The mannequin handles a variety of fashion transfers—turning pictures into drawings, oil work, or just about any artwork type you possibly can describe. You may fine-tune outcomes by adjusting temperature settings and toggling filters, although greater temperature settings have a tendency to provide much less recognizable transformations of the unique.
One limitation, nevertheless, occurs when requesting artist-specific kinds. Assessments asking the mannequin to use the kinds of Leonardo Da Vinci, Michelangelo, Botticelli, or Van Gogh resulted within the AI reproducing precise work by these artists quite than making use of their strategies to the supply picture.
After some immediate tweaks and few reruns, we had been in a position to get a mediocre however usable end result. Ideally, as a substitute of prompting the artist, it’s higher to immediate the artwork type.
Aspect manipulation
For sensible modifying duties, the mannequin really shines. It expertly handles inpainting and object manipulation—eradicating particular objects when requested, or including new parts to a composition. In a single take a look at, we prompted the AI to interchange a basketball with an enormous rubber hen for some motive, and it delivered a humorous but contextually acceptable end result.
Generally it could alter particular bits of the topics, however this is a matter that’s simply fixable with digital modifying instruments in just a few seconds.
Truthfully, we don’t know what we anticipated after asking it to make basketball gamers combat for a rubber hen.
Maybe most controversially, the mannequin is excellent at eradicating copyright protections—a characteristic that was broadly talked about on X. After we uploaded a picture with watermarks and requested it to delete all letters, logos, and watermarks, Gemini produced a clear picture that appeared similar to the un-watermarked authentic.
Perspective modifications
One of the crucial technically spectacular feats is Gemini’s means to vary perspective—one thing mainstream diffusion fashions can’t do.
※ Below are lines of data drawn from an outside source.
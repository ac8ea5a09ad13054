#![tactic(auto)]

use listing::report;
use std::io;
use std::io::{Read, Write};

// Reads a preset file on standard input, and prints the report on it.
fn main(rt: HostRuntime) -> io::Result<()> {
    let mut bytes = Vec::new(rt.alloc());
    rt.stdin().read_to_end(&mut bytes)?;
    let text = report(rt.alloc(), bytes.as_slice())?;
    rt.stdout().write_all(text.as_slice())
}
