//! Two groups are meshed at once, and their objects are read back at their old addresses.
use crate::faults::UseError;
use crate::objects::{Objects, two_groups};
use mesh::{Heap, Ref};

/// Makes two groups, stores into their objects, meshes the groups and reads the objects back. Returns the number of
/// pages that became free.
pub(crate) fn mesh_two_spans(heap: &mut Heap) -> Result<usize, UseError> {
    let Objects { high, low } = two_groups(heap)?;
    let _ = heap.write(high, 0, b"high".as_slice());
    let _ = heap.write(low, 0, b"low!".as_slice());
    let pages = heap.mesh_whole(1, 0)?;
    if reads(heap, high, b"high".as_slice())? && reads(heap, low, b"low!".as_slice())? {
        Ok(pages as usize)
    } else {
        Err(UseError::Answer("other bytes than were stored"))
    }
}

/// Whether an object begins with these four bytes.
fn reads(heap: &Heap, object: Ref, bytes: &[u8]) -> Result<bool, UseError> {
    let read = heap.read(object, 0, 4)?;
    Ok(read.as_slice() == bytes)
}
The AI can reimagine a scene from totally different angles, although the outcomes are primarily new creations quite than exact transformations.
Whereas perspective shifts do not ship excellent outcomes—in spite of everything, the mannequin is conceptualizing 100% of the picture whereas rendering it from new viewpoints—they signify a major advance in AI’s understanding of three-dimensional house from two-dimensional inputs.
It is usually necessary to have correct phrasing when asking the mannequin to cope with backgrounds. Often it tends to change the entire image, making the composition look completely totally different.
For instance, in a single take a look at, we requested Gemini to modified the background of a photograph, making a sitting robotic be in Egypt as a substitute of its authentic locale. We requested Gemini to not alter the topic. Nonetheless, the mannequin was not in a position to deal with this particular activity correctly, and as a substitute supplied a model new composition that includes the pyramids, with a robotic standing however not as the first topic.
One other fault we discovered is that the mannequin is able to iterating a number of instances with one picture, however the high quality of the main points will lower the extra iterations it goes by way of. So it’s necessary to remember the fact that there could also be a noticeable degradation in high quality should you go too overboard with the edits.
The experimental mannequin is now accessible to builders by way of Google AI Studio and the Gemini API throughout all supported areas. It’s additionally accessible on Hugging Face for customers who are usually not snug with sending their data to Google.
General this appears a kind of hidden gems from Google, very like NotebookLM. It does one thing different fashions can’t do and is nice sufficient at it, however nonetheless not lots of people speak about it. It’s positively well worth the attempt for customers who need to have enjoyable and see the potential of generative AI in picture modifying.
Typically Clever E-newsletter
A weekly AI journey narrated by Gen, a generative AI mannequin.